Articles:
There are currently a number of different institutions involved, all representing different parties within the built environment.
However, even using a completely traditional build, reference design has numerous benefits:.It facilitates the introduction of industrialised construction (including.

platform approaches or P-DfMA. )and the use of manufactured elements in construction.Often owned by the client, it gives greater control over IP and incorporates lessons learned to improve across design cycles.

Multiple use allows for more design refinement, amplifying the benefit of good design.It justifies a greater level of stakeholder engagement ensuring that designs are highly optimised in terms of layouts, space allocation, adjacencies, and functional flows.

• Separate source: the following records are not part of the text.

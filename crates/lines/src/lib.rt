// The text of a session line, put down in lent bytes. specs/Line.antt says what it is.
#![tactic(auto)]

ghost use Rattle.std.specs.Prelude.{◌≡◌, List, ℕ, [], ◌∷◌, ◌++◌, ◌+◌, ◌≤◌, ◌<◌, length};
ghost use Rattle.master.specs.Answers.{told, refuses, answers, status_byte, refusal_number};
ghost use Rattle.lines.specs.Line.{digit as digit_of, decimal, hex_byte, yes_or_no, answer_text, column, columns, line_text, COLON, ROOM, Writes};

use arrayvec::ArrayVec;
use itoa::Buffer;
use master::Answer;
use site::Refused;
use std::marker::Model;
use terms::{Partition, Place, Volume};

// Room for a line, of which none takes more than 87 bytes.
const BYTES: usize = 96;

// The text so far of a line: it is put together here, and put down at once.
#[derive(Drop)]
struct Line {
    text: ArrayVec<u8, BYTES>,
}

impl Model for Line {
    ghost Value = { List ℕ };

    ghost view = { λ line. line.text.items };
}

// The digit of a value below 16, with capital letters. By hand, since the text is bytes and its definition is over one digit.
#[tactic(auto, unfolding(crate::specs::Line::digit))]
fn digit(d: u8) -> u8
    requires { d < 16 }
    ensures { result ≡ digit_of d }
{
    if d < 10 { b'0' + d } else { b'A' + (d - 10) }
}

// Y or N.
#[tactic(auto, unfolding(crate::specs::Line::yes_or_no))]
fn yes_or_no(found: bool) -> u8
    ensures { result ≡ yes_or_no found }
{
    if found { b'Y' } else { b'N' }
}

impl Line {
    // A line with no text yet.
    fn new() -> Line
        ensures { result ≡ [] }
    {
        Line {
            text: ArrayVec::new(),
        }
    }

    // One character.
    fn byte(&mut self, b: u8)
        requires { length self.old + 1 ≤ ROOM }
        ensures text { self.new ≡ self.old ++ b ∷ [] }
        ensures len { length self.new ≡ length self.old + 1 }
    {
        self.text.push(b);
    }

    // A number in decimal, with no zero in front.
    #[tactic(auto, using(crate::proofs::LineLaws::decimals))]
    fn decimal(&mut self, n: u64)
        requires { length self.old + 20 ≤ ROOM }
        ensures text { self.new ≡ self.old ++ decimal n }
        ensures len { length self.new ≤ length self.old + 20 }
    {
        let mut digits = Buffer::new();
        self.text
            .try_extend_from_slice(digits.format(n).as_bytes())
            .unwrap();
    }

    // A byte as two capital digits.
    #[tactic(auto, using(crate::proofs::LineLaws::appending), unfolding(crate::specs::Line::hex_byte))]
    fn hex(&mut self, b: u8)
        requires { length self.old + 2 ≤ ROOM }
        ensures text { self.new ≡ self.old ++ hex_byte b }
        ensures len { length self.new ≡ length self.old + 2 }
    {
        self.text.push(digit(b / 16));
        self.text.push(digit(b % 16));
    }

    // Size code, partition number, control, volume.
    #[tactic(auto, using(crate::proofs::LineLaws::appending))]
    fn assigned(&mut self, size: u8, partition: Partition, control: u8, volume: Volume)
        requires { length self.old + 8 ≤ ROOM }
        ensures { self.new ≡ self.old ++ (hex_byte size ++ (hex_byte partition.0 ++ (hex_byte control ++ hex_byte volume.0))) }
    {
        self.hex(size);
        self.hex(partition.0);
        self.hex(control);
        self.hex(volume.0);
    }

    // Volume and sector, both in decimal.
    #[tactic(auto, using(crate::proofs::LineLaws::appending))]
    fn place(&mut self, place: Place)
        requires { length self.old + 41 ≤ ROOM }
        ensures { self.new ≡ self.old ++ (decimal place.volume.0 ++ (COLON ∷ decimal place.sector)) }
    {
        self.decimal(u64::from(place.volume.0));
        self.byte(b':');
        self.decimal(u64::from(place.sector));
    }

    // The number in hex, and whether the name was found.
    #[tactic(auto, using(crate::proofs::LineLaws::appending))]
    fn login(&mut self, number: u8, found: bool)
        requires { length self.old + 3 ≤ ROOM }
        ensures { self.new ≡ self.old ++ (hex_byte number ++ (yes_or_no found ∷ [])) }
    {
        self.hex(number);
        self.byte(yes_or_no(found));
    }

    // The columns before the answer, each with a space behind it.
    #[tactic(auto, using(crate::proofs::LineLaws::appending), unfolding(crate::specs::Line::columns, crate::specs::Line::column))]
    fn columns(&mut self, index: u64, number: u8, refusal: u8)
        requires { length self.old + 45 ≤ ROOM }
        ensures { self.new ≡ self.old ++ columns index number refusal }
    {
        self.decimal(index);
        self.byte(b' ');
        self.hex(number);
        self.byte(b' ');
        self.decimal(u64::from(refusal));
        self.byte(b' ');
    }

    // What the master answers; a dash stands for a refusal and for nothing to tell.
    #[tactic(auto, unfolding(crate::specs::Line::answer_text, master::specs::Answers::told, master::specs::Answers::fault_told))]
    fn answer(&mut self, answer: Result<Answer, Refused>)
        requires { length self.old + 41 ≤ ROOM }
        ensures { self.new ≡ self.old ++ answer_text (told answer) }
    {
        match answer {
            Err(_) | Ok(Answer::Nothing) => self.byte(b'-'),
            Ok(Answer::Status(status)) => self.hex(u8::from(status)),
            Ok(
                Answer::Assigned {
                    size,
                    partition,
                    control,
                    volume,
                },
            ) => self.assigned(size, partition, control, volume),
            Ok(Answer::At(place)) => self.place(place),
            Ok(Answer::LoggedIn { number, found, .. }) => self.login(number, found),
        }
    }

    // Puts the line down at `at`, and answers its end.
    fn put(&self, buffer: &mut [u8], at: usize) -> usize
        requires { at + length self.now ≤ length buffer.old }
        ensures { Writes self.now buffer.old at result buffer.new }
    {
        let text = self.text.as_slice();
        rows::put(buffer, at, text);
        at + text.len()
    }
}

// The refusal of an answer, 0 for none: that is what the column of a line shows.
#[tactic(auto, unfolding(master::specs::Answers::told, master::specs::Answers::refusal_number, master::specs::Answers::fault_told))]
fn refusal_of(answer: Result<Answer, Refused>) -> u8
    ensures { result ≡ refusal_number (told answer) }
{
    match answer {
        Ok(_) => 0,
        Err(refused) => refused.number(),
    }
}

// One line of a session, put down at `at`. Its end is answered. The place stays beside the buffer: docs/PROMISES.md
// names this function, and so its parameters stay.
#[tactic(auto, using(crate::proofs::LineLaws::lengths), unfolding(crate::specs::Line::line_text))]
pub fn write_line(
    buffer: &mut [u8],
    at: usize,
    index: u64,
    number: u8,
    answer: Result<Answer, Refused>,
) -> usize
    requires { at + ROOM ≤ length buffer.old }
    ensures { Writes (line_text index number (told answer)) buffer.old at result buffer.new }
{
    let mut line = Line::new();
    line.columns(index, number, refusal_of(answer));
    line.answer(answer);
    line.byte(b'\n');
    line.put(buffer, at)
}

// A line whose answer is a refusal by this number, which need not be one of the rules'.
#[tactic(auto, using(crate::proofs::LineLaws::lengths), unfolding(crate::specs::Line::line_text, crate::specs::Line::answer_text, master::specs::Answers::refusal_number))]
pub fn write_refused(buffer: &mut [u8], at: usize, index: u64, number: u8, refusal: u8) -> usize
    requires { at + ROOM ≤ length buffer.old }
    ensures { Writes (line_text index number (refuses refusal)) buffer.old at result buffer.new }
{
    let mut line = Line::new();
    line.columns(index, number, refusal);
    line.byte(b'-');
    line.byte(b'\n');
    line.put(buffer, at)
}

// A line whose answer is this byte as a status, which need not be one of the rules'.
#[tactic(auto, using(crate::proofs::LineLaws::lengths), unfolding(crate::specs::Line::line_text, crate::specs::Line::answer_text, crate::specs::Line::hex_byte, master::specs::Answers::refusal_number))]
pub fn write_status(buffer: &mut [u8], at: usize, index: u64, number: u8, status: u8) -> usize
    requires { at + ROOM ≤ length buffer.old }
    ensures { Writes (line_text index number (answers (status_byte status))) buffer.old at result buffer.new }
{
    let mut line = Line::new();
    line.columns(index, number, 0);
    line.hex(status);
    line.byte(b'\n');
    line.put(buffer, at)
}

Designers can focus more of their efforts on solving the site and context specific challenges.
It facilitates efficient operation and maintenance.We just need it to get better.. A formula for change.
Regardless of BIM or digital twins, we won’t win if things continue as they are.We have fundamental problems which need to be addressed.
These include the lack of productisation in construction, as well as the lack of knowledge about DfMA principles and practices.. We have drawings moving back and forth across industry silos from architects and engineers to fabricators and beyond in a way that means “we build things, prefabricated or not, that aren't what was originally upfront in the process,” Marks says.. She believes this is where we will see the most change and brings up Gleicher’s Formula for Change (revised by Dannemiller), where dissatisfaction, vision, and steps toward the vision must be greater than resistance.. “I actually think we’ve hit dissatisfaction at this point,” she says, pointing out the various issues across the industry: construction companies unhappy with the money they’re making, designers unhappy with the roles they’re playing, owners dissatisfied with the inconsistency.. And the question that needs answering now is: “what does the future look like?”.Marks says that her job at Autodesk is to help people envision what that future could be by taking the current building blocks and foundational pieces and expanding on them.